DIRECTIONS
Only a single number is expected: how many lines of the data hold the word "Duration".

DATA FOR THE TASK
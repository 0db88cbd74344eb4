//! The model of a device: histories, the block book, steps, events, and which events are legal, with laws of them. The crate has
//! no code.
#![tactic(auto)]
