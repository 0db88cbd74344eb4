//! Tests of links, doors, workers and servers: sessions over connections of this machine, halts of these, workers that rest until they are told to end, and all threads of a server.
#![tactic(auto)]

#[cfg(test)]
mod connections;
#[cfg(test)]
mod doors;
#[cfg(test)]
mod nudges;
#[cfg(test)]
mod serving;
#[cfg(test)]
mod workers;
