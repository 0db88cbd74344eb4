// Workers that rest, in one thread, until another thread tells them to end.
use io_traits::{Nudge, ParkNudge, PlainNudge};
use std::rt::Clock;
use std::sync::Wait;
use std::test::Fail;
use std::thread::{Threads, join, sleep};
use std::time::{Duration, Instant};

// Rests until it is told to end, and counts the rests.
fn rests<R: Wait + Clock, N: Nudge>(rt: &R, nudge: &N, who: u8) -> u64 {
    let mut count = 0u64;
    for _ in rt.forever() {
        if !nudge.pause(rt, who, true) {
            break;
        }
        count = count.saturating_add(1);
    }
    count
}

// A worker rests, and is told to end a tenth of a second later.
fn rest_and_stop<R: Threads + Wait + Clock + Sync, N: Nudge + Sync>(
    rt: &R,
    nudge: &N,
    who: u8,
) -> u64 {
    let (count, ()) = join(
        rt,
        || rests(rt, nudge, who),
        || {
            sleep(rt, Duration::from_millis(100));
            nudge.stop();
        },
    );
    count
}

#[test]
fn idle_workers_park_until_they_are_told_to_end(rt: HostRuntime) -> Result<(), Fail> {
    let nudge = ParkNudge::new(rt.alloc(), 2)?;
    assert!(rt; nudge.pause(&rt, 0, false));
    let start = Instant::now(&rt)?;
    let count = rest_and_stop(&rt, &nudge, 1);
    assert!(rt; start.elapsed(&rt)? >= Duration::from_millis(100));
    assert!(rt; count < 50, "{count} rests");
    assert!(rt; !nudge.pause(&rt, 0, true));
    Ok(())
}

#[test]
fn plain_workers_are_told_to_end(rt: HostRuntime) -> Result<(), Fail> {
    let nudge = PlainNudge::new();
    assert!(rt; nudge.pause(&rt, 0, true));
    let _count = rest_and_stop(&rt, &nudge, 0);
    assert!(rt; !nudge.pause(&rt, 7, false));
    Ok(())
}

WRITTEN REPLY
3